A significant advance in the kernel design for QNX Neutrino is the event-handling subsystem. POSIX and its realtime extensions define a number of asynchronous notification methods (e.g., UNIX signals that don't queue or pass data, POSIX realtime signals that may queue and pass data, etc.).

The kernel also defines additional, QNX Neutrino-specific notification techniques such as pulses. Implementing all of these event mechanisms could have consumed significant code space, so our implementation strategy was to build all of these notification methods over a single, rich, event subsystem.

A benefit of this approach is that capabilities exclusive to one notification technique can become available to others. For example, an application can apply the same queueing services of POSIX realtime signals to UNIX signals. This can simplify the robust implementation of signal handlers within applications.

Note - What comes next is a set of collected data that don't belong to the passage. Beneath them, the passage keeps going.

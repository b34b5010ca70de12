//! What the names of a tree own, in a few lists for all of them.

ghost use Rattle.std.specs.Prelude.{◌≡◌, ◌++◌, ◌<◌, [], ◌∷◌, All, map, length, IfOk, OnOk};
ghost use Rattle.std.specs.List.{filter};
ghost use Rattle.dns_data.specs.Rdata.{has_type};
ghost use Rattle.zone_tree.specs.OwnedLists.{part_of, set_of, owned_at, owned_by, IsFront, IsPartOf, IsPut, IsPutSet, IsWithin, HaveGrown};
ghost use Rattle.zone_tree.specs.Records.{AreRecordSets, TellsTypes};

use crate::order::{servers_of, set_in_order};
use crate::records::{first_of_type, types_of};
use dns_data::{Name, NoMemory, Rdata, Rr, RrType, TypeSet};
use std::alloc::Global;

/// A part of a list, from one place up to another.
#[derive(Clone, Copy, Debug)]
pub(crate) struct Part {
    pub start: usize,
    pub end: usize,
}

/// What a name owns: its types, and which of all name servers and of all sets are its own.
#[derive(Debug, Drop)]
pub(crate) struct OwnedParts {
    pub types: TypeSet,
    pub servers: Part,
    pub sets: Part,
}

/// The data of a type: the first in file order, whose number a zone may leave open; and where there are several, which of
/// the data of all names they are.
#[derive(Debug, Drop)]
pub(crate) struct RecordSet<'a> {
    pub rtype: RrType,
    pub first: &'a Rdata,
    pub several: Part,
}

/// What names own that own more than one datum, and the lists that have their parts: the sets of each name, the data of
/// each set of several in the order of their texts, and the name servers of each name in the order of names.
#[derive(Debug, Drop)]
pub(crate) struct OwnedLists<'a> {
    pub names: Vec<OwnedParts>,
    pub sets: Vec<RecordSet<'a>>,
    pub several: Vec<Rdata>,
    pub servers: Vec<&'a Name>,
}

impl<'a> OwnedLists<'a> {
    /// The lists without an item.
    pub(crate) fn new(alloc: Global) -> OwnedLists<'a>
        ensures { result.names.items ≡ [] }
    {
        OwnedLists {
            names: Vec::new(alloc),
            sets: Vec::new(alloc),
            several: Vec::new(alloc),
            servers: Vec::new(alloc),
        }
    }

    /// What the name at a place owns.
    pub(crate) fn parts_at(&self, place: usize) -> &OwnedParts
        requires place { place < length self.now.names.items }
        requires within { All (IsWithin self.now) self.now.names.items }
        ensures owned { owned_by self.now result.now ≡ owned_at self.now place }
        ensures within { IsWithin self.now result.now }
    {
        &self.names[place]
    }

    /// The same lists, in no more room than they take.
    pub(crate) fn shrunk(self) -> OwnedLists<'a>
        ensures names { result.names.items ≡ self.entry.names.items }
        ensures all { HaveGrown self.entry result }
    {
        let mut lists = self;
        lists.names.shrink_to_fit();
        lists.sets.shrink_to_fit();
        lists.several.shrink_to_fit();
        lists.servers.shrink_to_fit();
        lists
    }
}

/// Puts what a name owns behind what others own, by its records, which are in file order: at which place.
pub(crate) fn put_owned<'a>(
    alloc: Global,
    lists: &mut OwnedLists<'a>,
    own: &[&'a Rr],
) -> Result<usize, NoMemory>
    ensures { IfOk result (IsPut (map (λ rr. rr.now.rdata) own.now) lists.old lists.new) }
{
    let types = types_of(own);
    let sets = put_sets(alloc, &mut lists.sets, &mut lists.several, own, types)?;
    let servers = put_behind(&mut lists.servers, servers_of(alloc, own)?)?;
    let place = lists.names.len();
    lists.names.push(OwnedParts {
        types,
        servers,
        sets,
    })?;
    Ok(place)
}

/// Puts the set of each of the types behind other sets, and their data behind others: which sets they are.
fn put_sets<'a>(
    alloc: Global,
    sets: &mut Vec<RecordSet<'a>>,
    several: &mut Vec<Rdata>,
    own: &[&'a Rr],
    types: TypeSet,
) -> Result<Part, NoMemory>
    requires { TellsTypes (map (λ rr. rr.now.rdata) own.now) types }
    ensures sets { OnOk result (IsFront sets.old.items sets.new.items) }
    ensures several { OnOk result (IsFront several.old.items several.new.items) }
    ensures part { IfOk result (IsPartOf sets.new.items) }
    ensures within { IfOk result (λ part. All (λ set. IsPartOf several.new.items set.several) (part_of sets.new.items part)) }
    ensures all { IfOk result (λ part. AreRecordSets (map (λ rr. rr.now.rdata) own.now) [] (map (set_of several.new.items) (part_of sets.new.items part))) }
{
    let start = sets.len();
    for rtype in RrType::ALL {
        if types.has(rtype) {
            if let Some((first, later)) = first_of_type(own, rtype) {
                let set = put_set(alloc, several, own, rtype, first, later)?;
                sets.push(set)?;
            }
        }
    }
    Ok(Part {
        start,
        end: sets.len(),
    })
}

/// The set of a type, of which these are the first data and those records stand behind them. Where there are several data,
/// they are put behind others.
fn put_set<'a>(
    alloc: Global,
    several: &mut Vec<Rdata>,
    own: &[&'a Rr],
    rtype: RrType,
    first: &'a Rdata,
    later: &[&'a Rr],
) -> Result<RecordSet<'a>, NoMemory>
    requires { filter (has_type rtype) (map (λ rr. rr.now.rdata) own.now) ≡ first.now ∷ filter (has_type rtype) (map (λ rr. rr.now.rdata) later.now) }
    ensures several { OnOk result (IsFront several.old.items several.new.items) }
    ensures set { IfOk result (IsPutSet (map (λ rr. rr.now.rdata) own.now) rtype several.new.items) }
{
    let part = match first_of_type(later, rtype) {
        Some(_) => put_behind(several, set_in_order(alloc, own, rtype)?)?,
        None => Part { start: 0, end: 0 },
    };
    Ok(RecordSet {
        rtype,
        first,
        several: part,
    })
}

/// Puts items behind others: which part of all they are then.
fn put_behind<T: Drop>(items: &mut Vec<T>, more: Vec<T>) -> Result<Part, NoMemory>
    ensures items { OnOk result (items.new.items ≡ items.old.items ++ more.items) }
    ensures within { IfOk result (IsPartOf items.new.items) }
    ensures part { IfOk result (λ part. part_of items.new.items part ≡ more.items) }
{
    let mut more = more;
    let start = items.len();
    items.append(&mut more)?;
    Ok(Part {
        start,
        end: items.len(),
    })
}

/// The items of a part.
pub(crate) fn items_of<T>(items: &[T], part: Part) -> &[T]
    requires { IsPartOf items.now part }
    ensures { result.now ≡ part_of items.now part }
{
    &items[part.start..part.end]
}
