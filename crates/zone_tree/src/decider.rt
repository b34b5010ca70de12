//! What decides at a name (RFC 1034 section 4.3.2, RFC 4592 section 3.3, RFC 6672 section 3.2).

ghost use Rattle.std.specs.Prelude.{◌≡◌, true, ◌&&◌, ◌||◌, nat_lt, ◌++◌, take, IfSome, IfNone};
ghost use Rattle.dns_data.specs.Name.{Labels, is_prefix};
ghost use Rattle.dns_data.specs.TypeSet.{has_bit};
ghost use Rattle.dns_data.specs.declared.rr_type.RrType.TheVariants as rr_type;
ghost use Rattle.net_model.specs.Lookup.{deciding};
ghost use Rattle.net_model.specs.OpenTail.{IsOpenTail};
ghost use Rattle.zone_tree.specs.Decider.{deciding_by, IsOfTree, IsTailIf, undecided, by_source};
ghost use Rattle.zone_tree.specs.FirstDecider.{Undecided};
ghost use Rattle.zone_tree.specs.Preceding.{IsPreceding};
ghost use Rattle.zone_tree.specs.Tree.{IsNode, name_of};

use crate::enclosers::{source_behind, source_below};
use crate::first_deciders::is_cut;
use crate::node::NodeId;
use crate::preceding::Preceding;
use crate::tree::Tree;
use dns_data::{Name, RrType, TypeSet};

/// What decides at a name, whatever the type: its zone cut; the owner of a DNAME record; the name itself or its source
/// of synthesis, whose records are its own; or nothing.
#[derive(Clone, Copy, Debug, PartialEq, Eq)]
pub enum Decider {
    Cut(NodeId),
    Redirection(NodeId),
    Records(NodeId),
    Nothing,
}

/// What decides at a name at or below the origin. It takes no memory.
pub fn deciding(tree: &Tree<'_>, name: &Name) -> Decider
    requires { is_prefix tree.now.zone.origin name.now ≡ true }
    ensures node { IsOfTree tree.now result }
    ensures decides { deciding tree.now.zone name.now ≡ deciding_by tree.now result }
{
    decider_along(tree, name, false)
}

/// What decides at a name at or below the origin with any open tail below it. It takes no memory.
pub fn open_deciding(tree: &Tree<'_>, known: &Name) -> Decider
    requires { is_prefix tree.now.zone.origin known.now ≡ true }
    ensures node { IsOfTree tree.now result }
    ensures decides { (tail : Labels) → IsOpenTail tree.now.zone known.now tail → deciding tree.now.zone (known.now ++ tail) ≡ deciding_by tree.now result }
{
    decider_along(tree, known, true)
}

/// What decides along the labels of a name, for itself or for an open tail below it.
fn decider_along(tree: &Tree<'_>, name: &Name, open_below: bool) -> Decider
    requires { is_prefix tree.now.zone.origin name.now ≡ true }
    ensures node { IsOfTree tree.now result }
    ensures decides { (below : Labels) → IsTailIf tree.now.zone name.now open_below below → deciding tree.now.zone (name.now ++ below) ≡ deciding_by tree.now result }
{
    let preceding = tree.preceding(name);
    match decider_above(tree, name, &preceding, open_below) {
        Some(decider) => decider,
        None => decider_below(tree, name, &preceding, open_below),
    }
}

/// The zone cut or the owner of a DNAME record that decides along the labels of a name, by the existing name that precedes
/// it.
fn decider_above(
    tree: &Tree<'_>,
    name: &Name,
    preceding: &Preceding,
    open_below: bool,
) -> Option<Decider>
    requires inside { is_prefix tree.now.zone.origin name.now ≡ true }
    requires preceding { IsPreceding tree.now name.now preceding.now }
    ensures node { IfSome result (IsOfTree tree.now) }
    ensures some { IfSome result (λ decider. (below : Labels) → IsTailIf tree.now.zone name.now open_below below → deciding tree.now.zone (name.now ++ below) ≡ deciding_by tree.now decider) }
    ensures none { IfNone result ((below : Labels) → IsTailIf tree.now.zone name.now open_below below → Undecided tree.now.zone (name.now ++ below) (take preceding.now.shared name.now)) }
{
    let first = tree.first_decider(preceding.node);
    let count = tree.name(first).len() as usize;
    if count > preceding.shared {
        return None;
    }
    let types = tree.types(first);
    if is_cut(tree.zone(), tree.name(first), types) {
        return Some(Decider::Cut(first));
    }
    if redirects(types, count, name.len() as usize, open_below) {
        return Some(Decider::Redirection(first));
    }
    None
}

/// Whether a name that owns these types redirects another with more labels, or with labels below it.
fn redirects(types: TypeSet, count: usize, labels: usize, open_below: bool) -> bool
    ensures { result ≡ ((open_below || nat_lt count labels) && has_bit types rr_type.Dname) }
{
    (open_below || count < labels) && types.has(RrType::Dname)
}

/// What decides at a name where no prefix of it does, by the existing name that precedes it.
fn decider_below(tree: &Tree<'_>, name: &Name, preceding: &Preceding, open_below: bool) -> Decider
    requires preceding { IsPreceding tree.now name.now preceding.now }
    requires undecided { (below : Labels) → IsTailIf tree.now.zone name.now open_below below → Undecided tree.now.zone (name.now ++ below) (take preceding.now.shared name.now) }
    ensures node { IsOfTree tree.now result }
    ensures decides { (below : Labels) → IsTailIf tree.now.zone name.now open_below below → deciding tree.now.zone (name.now ++ below) ≡ deciding_by tree.now result }
{
    if preceding.shared == name.len() as usize {
        at_its_end(tree, preceding.node, open_below)
    } else {
        by_source(source_behind(tree, name, preceding))
    }
}

/// What decides where nothing does along the labels of an existing name: its own records, or for a tail below it its
/// source of synthesis.
fn at_its_end(tree: &Tree<'_>, name: NodeId, open_below: bool) -> Decider
    requires { IsNode tree.now name }
    ensures node { IsOfTree tree.now result }
    ensures decides { undecided tree.now.zone (name_of tree.now name) open_below ≡ deciding_by tree.now result }
{
    if open_below {
        by_source(source_below(tree, name))
    } else {
        Decider::Records(name)
    }
}

/// What decides at a name that doesn't exist, with this source of synthesis.
fn by_source(source: Option<NodeId>) -> Decider
    ensures { result ≡ by_source source }
{
    match source {
        Some(source) => Decider::Records(source),
        None => Decider::Nothing,
    }
}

The events encountered by an executing thread can come from any of three sources:

The event itself can be any of a number of different types: QNX Neutrino pulses, interrupts, various forms of signals, and forced "unblock" events. "Unblock" is a means by which a thread can be released from a deliberately blocked state without any explicit event actually being delivered.

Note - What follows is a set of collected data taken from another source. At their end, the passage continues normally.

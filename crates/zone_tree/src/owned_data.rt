//! What names own, as a tree keeps it.

ghost use Rattle.std.specs.Prelude.{◌≡◌, ℕ, ◌<◌, [], ◌∷◌, All, map, length, slice_index_or, Some, IfOk, IfSome, IfNone};
ghost use Rattle.std.specs.Option.{option_map};
ghost use Rattle.dns_data.specs.Rdata.{type_of_data};
ghost use Rattle.dns_data.specs.TypeSet.{has_bit};
ghost use Rattle.dns_data.specs.declared.rr_type.RrType.{RrType};
ghost use Rattle.zone_tree.specs.OwnedData.{written_out, HaveSameData, IsFormPut, IsFormWithin};
ghost use Rattle.zone_tree.specs.OwnedLists.{part_of, IsPartOf, IsWithin};
ghost use Rattle.zone_tree.specs.Records.{data_in, first_in, TellsData};
ghost use Rattle.zone_tree.specs.declared.owned_lists.OwnedLists.{OwnedLists as OwnedListsValue};

use crate::owned_lists::{OwnedLists, Part, items_of, put_owned};
use crate::records::{data_in, first_in};
use dns_data::{Name, NoMemory, Rdata, Rr, RrType, TypeSet};
use std::alloc::Global;
use std::marker::Model;
use std::slice;

/// What each of some names owns, in turn. A name that owns no data or one datum other than an NS datum, as most names of a
/// zone of hosts do, has no part of the lists. Contracts see of each name the types, the name servers and the data of each
/// type written out.
#[derive(Debug, Drop)]
pub(crate) struct OwnedData<'a> {
    forms: Vec<OwnedForm<'a>>,
    lists: OwnedLists<'a>,
}

/// What a name owns, beside data of none of the twelve types.
#[derive(Debug, Drop)]
pub(crate) enum OwnedForm<'a> {
    /// No data.
    Nothing,
    /// One datum, of a type other than NS.
    OneDatum { rtype: RrType, rdata: &'a Rdata },
    /// Any data: what stands at this place of the lists.
    Whole(usize),
}

impl<'a> Model for OwnedData<'a> {
    ghost use Rattle.std.specs.Prelude.{List, map, All};
    ghost use Rattle.zone_tree.specs.OwnedData.{written_out, IsFormWithin};
    ghost use Rattle.zone_tree.specs.OwnedLists.{IsWithin};
    ghost use Rattle.zone_tree.specs.Records.{OwnedRecords};

    ghost Value = { List OwnedRecords };

    ghost view = { λ owned. map (written_out owned.lists) owned.forms.items };

    ghost invariant = { λ owned. All (IsWithin owned.lists) owned.lists.names.items × All (IsFormWithin owned.lists) owned.forms.items };
}

impl<'a> OwnedData<'a> {
    /// What names own of which these are the forms, by the lists.
    pub(crate) fn of(forms: Vec<OwnedForm<'a>>, lists: OwnedLists<'a>) -> OwnedData<'a>
        requires lists { All (IsWithin lists) lists.names.items }
        requires forms { All (IsFormWithin lists) forms.items }
        ensures { result ≡ map (written_out lists.entry) forms.entry.items }
    {
        OwnedData {
            forms,
            lists: lists.shrunk(),
        }
    }

    /// What the name at a place owns.
    pub(crate) fn at(&self, place: usize) -> Owned<'_, 'a>
        requires { place < length self.now }
        ensures { (d : _) → result ≡ slice_index_or self.now place d }
    {
        Owned {
            form: &self.forms[place],
            lists: &self.lists,
        }
    }
}

/// What a name owns. Contracts see the types, the name servers and the data of each type written out.
#[derive(Drop)]
pub(crate) struct Owned<'t, 'a> {
    form: &'t OwnedForm<'a>,
    lists: &'t OwnedLists<'a>,
}

impl<'t, 'a> Model for Owned<'t, 'a> {
    ghost use Rattle.std.specs.Prelude.{All};
    ghost use Rattle.zone_tree.specs.OwnedData.{written_out, IsFormWithin};
    ghost use Rattle.zone_tree.specs.OwnedLists.{IsWithin};
    ghost use Rattle.zone_tree.specs.Records.{OwnedRecords};

    ghost Value = { OwnedRecords };

    ghost view = { λ owned. written_out owned.lists.now owned.form.now };

    ghost invariant = { λ owned. All (IsWithin owned.lists.now) owned.lists.now.names.items × IsFormWithin owned.lists.now owned.form.now };
}

impl<'t, 'a> Owned<'t, 'a> {
    /// The types.
    pub(crate) fn types(&self) -> TypeSet
        ensures { (rtype : RrType) → has_bit result rtype ≡ has_bit self.now.types rtype }
    {
        match self.form {
            OwnedForm::Nothing => TypeSet::empty(),
            OwnedForm::OneDatum { rtype, .. } => TypeSet::one(*rtype),
            OwnedForm::Whole(place) => self.lists.parts_at(*place).types,
        }
    }

    /// The names of the name servers, in the order of names.
    pub(crate) fn servers(&self) -> &'t [&'a Name]
        ensures { result.now ≡ self.now.servers }
    {
        items_of(
            self.lists.servers.as_slice(),
            servers_part(self.form, self.lists),
        )
    }

    /// The data of a type, in the order of their texts, each once.
    pub(crate) fn set(&self, t: RrType) -> &'t [Rdata]
        ensures { result.now ≡ data_in self.now.sets t }
    {
        match self.form {
            OwnedForm::Nothing => &[],
            OwnedForm::OneDatum { rtype, rdata } => {
                if rtype.number() == t.number() {
                    slice::from_ref(*rdata)
                } else {
                    &[]
                }
            }
            OwnedForm::Whole(place) => {
                let own = self.lists.parts_at(*place);
                let sets = items_of(self.lists.sets.as_slice(), own.sets);
                data_in(sets, self.lists.several.as_slice(), t)
            }
        }
    }

    /// The first data of a type in file order.
    pub(crate) fn first(&self, t: RrType) -> Option<&'a Rdata>
        ensures { option_map (λ rdata. rdata.now) result ≡ first_in self.now.sets t }
    {
        match self.form {
            OwnedForm::Nothing => None,
            OwnedForm::OneDatum { rtype, rdata } => {
                if rtype.number() == t.number() {
                    Some(*rdata)
                } else {
                    None
                }
            }
            OwnedForm::Whole(place) => {
                let own = self.lists.parts_at(*place);
                first_in(items_of(self.lists.sets.as_slice(), own.sets), t)
            }
        }
    }
}

/// Which of the name servers of all names are those of the name with this form.
fn servers_part(form: &OwnedForm<'_>, lists: &OwnedLists<'_>) -> Part
    requires lists { All (IsWithin lists.now) lists.now.names.items }
    requires form { IsFormWithin lists.now form.now }
    ensures within { IsPartOf lists.now.servers.items result }
    ensures servers { part_of lists.now.servers.items result ≡ (written_out lists.now form.now).servers }
{
    match form {
        OwnedForm::Nothing => Part { start: 0, end: 0 },
        OwnedForm::OneDatum { .. } => Part { start: 0, end: 0 },
        OwnedForm::Whole(place) => lists.parts_at(*place).servers,
    }
}

/// The form of what a name owns, by its records, which are in file order. What takes more than a form is put behind what
/// others own.
pub(crate) fn put_form<'a>(
    alloc: Global,
    lists: &mut OwnedLists<'a>,
    own: &[&'a Rr],
) -> Result<OwnedForm<'a>, NoMemory>
    ensures { IfOk result (IsFormPut (map (λ rr. rr.now.rdata) own.now) lists.old lists.new) }
{
    match short_form(own) {
        Some(form) => Ok(form),
        None => Ok(OwnedForm::Whole(put_owned(alloc, lists, own)?)),
    }
}

/// The form of what is owned where it has no part of the lists, or `None` where it has one.
fn short_form<'a>(own: &[&'a Rr]) -> Option<OwnedForm<'a>>
    ensures within { IfSome result (λ form. (lists : OwnedListsValue) → IsFormWithin lists form) }
    ensures tells { IfSome result (λ form. (lists : OwnedListsValue) → TellsData (map (λ rr. rr.now.rdata) own.now) (written_out lists form)) }
{
    let Some((rtype, rdata, later)) = first_typed(own) else {
        return Some(OwnedForm::Nothing);
    };
    if rtype.number() == RrType::Ns.number() || first_typed(later).is_some() {
        return None;
    }
    Some(OwnedForm::OneDatum { rtype, rdata })
}

/// The first data of one of the twelve types, with that type, and the records behind them.
fn first_typed<'r, 'a>(own: &'r [&'a Rr]) -> Option<(RrType, &'a Rdata, &'r [&'a Rr])>
    ensures typed { IfSome result (λ found. type_of_data found.1.now ≡ Some found.0) }
    ensures some { IfSome result (λ found. HaveSameData (map (λ rr. rr.now.rdata) own.now) (found.1.now ∷ map (λ rr. rr.now.rdata) found.2.now)) }
    ensures none { IfNone result (HaveSameData (map (λ rr. rr.now.rdata) own.now) []) }
{
    for (place, rr) in own.iter().enumerate() {
        if let Some(rtype) = rr.rtype() {
            return Some((rtype, &rr.rdata, &own[place + 1..]));
        }
    }
    None
}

Given this multiplicity of event types, and applications needing the ability to request whichever asynchronous notification technique best suits their needs, it would be awkward to require that server processes (the higher-level threads from the previous section) carry code to support all these options.

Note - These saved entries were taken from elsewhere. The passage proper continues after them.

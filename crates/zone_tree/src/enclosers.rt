//! Closest enclosers and sources of synthesis (RFC 4592 section 3.3.1).

ghost use Rattle.std.specs.Prelude.{◌≡◌, ◌↔◌, true, length, take, Some, IfSome, IfNone, IsTrue};
ghost use Rattle.dns_data.specs.Name.{is_prefix};
ghost use Rattle.net_model.specs.Lookup.{ByRecords, ByNothing, closest_encloser, synthesized};
ghost use Rattle.zone_tree.specs.Preceding.{IsPreceding};
ghost use Rattle.zone_tree.specs.Tree.{IsNode, name_of};

use crate::node::NodeId;
use crate::preceding::Preceding;
use crate::tree::Tree;
use dns_data::Name;

/// The closest encloser of a name at or below the origin: its longest prefix that exists in the zone. It takes no memory.
pub fn encloser(tree: &Tree<'_>, name: &Name) -> NodeId
    requires { is_prefix tree.now.zone.origin name.now ≡ true }
    ensures node { IsNode tree.now result }
    ensures name { closest_encloser tree.now.zone name.now ≡ Some (name_of tree.now result) }
{
    encloser_behind(tree, name, &tree.preceding(name))
}

/// The closest encloser of a name, by the existing name that precedes it.
fn encloser_behind(tree: &Tree<'_>, name: &Name, preceding: &Preceding) -> NodeId
    requires { IsPreceding tree.now name.now preceding.now }
    ensures node { IsNode tree.now result }
    ensures name { name_of tree.now result ≡ take preceding.now.shared name.now }
{
    if is_encloser(tree, preceding) {
        return preceding.node;
    }
    match tree.node_of(&name.front(preceding.shared)) {
        Some(node) => node,
        None => unreachable!(),
    }
}

/// The source of synthesis of a name at or below the origin: the asterisk label directly below its closest encloser, or
/// `None` where that name doesn't exist in the zone. It takes no memory.
pub fn source(tree: &Tree<'_>, name: &Name) -> Option<NodeId>
    requires { is_prefix tree.now.zone.origin name.now ≡ true }
    ensures node { IfSome result (IsNode tree.now) }
    ensures some { IfSome result (λ source. synthesized tree.now.zone (closest_encloser tree.now.zone name.now) ≡ ByRecords (name_of tree.now source)) }
    ensures none { IfNone result (synthesized tree.now.zone (closest_encloser tree.now.zone name.now) ≡ ByNothing) }
{
    source_behind(tree, name, &tree.preceding(name))
}

/// The source of synthesis of a name, by the existing name that precedes it.
pub(crate) fn source_behind(tree: &Tree<'_>, name: &Name, preceding: &Preceding) -> Option<NodeId>
    requires { IsPreceding tree.now name.now preceding.now }
    ensures node { IfSome result (IsNode tree.now) }
    ensures some { IfSome result (λ source. synthesized tree.now.zone (Some (take preceding.now.shared name.now)) ≡ ByRecords (name_of tree.now source)) }
    ensures none { IfNone result (synthesized tree.now.zone (Some (take preceding.now.shared name.now)) ≡ ByNothing) }
{
    source_below(tree, encloser_behind(tree, name, preceding))
}

/// Whether an existing name has no more labels than those that it shares with a name behind it.
fn is_encloser(tree: &Tree<'_>, preceding: &Preceding) -> bool
    requires { IsNode tree.now preceding.now.node }
    ensures { IsTrue result ↔ (length (name_of tree.now preceding.now.node) ≡ preceding.now.shared) }
{
    tree.name(preceding.node).len() as usize == preceding.shared
}

/// The asterisk label directly below a closest encloser, or `None` where that name doesn't exist in the zone.
pub(crate) fn source_below(tree: &Tree<'_>, encloser: NodeId) -> Option<NodeId>
    requires { IsNode tree.now encloser }
    ensures node { IfSome result (IsNode tree.now) }
    ensures some { IfSome result (λ source. synthesized tree.now.zone (Some (name_of tree.now encloser)) ≡ ByRecords (name_of tree.now source)) }
    ensures none { IfNone result (synthesized tree.now.zone (Some (name_of tree.now encloser)) ≡ ByNothing) }
{
    tree.child_with(encloser, b"*")
}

Instead, the client thread can give a data structure, or "cookie," to the server to hang on to until later. When the server needs to notify the client thread, it will invoke MsgDeliverEvent() and the microkernel will set the event type encoded within the cookie upon the client thread.

Figure 1. The client sends a sigevent to the server.

For details about the sigevent structure, see the C Library Reference; for a description of how to use it, see "Notification schemes" in the "Clocks, Timers, and Getting a Kick Every So Often" chapter of Getting Started with QNX Neutrino.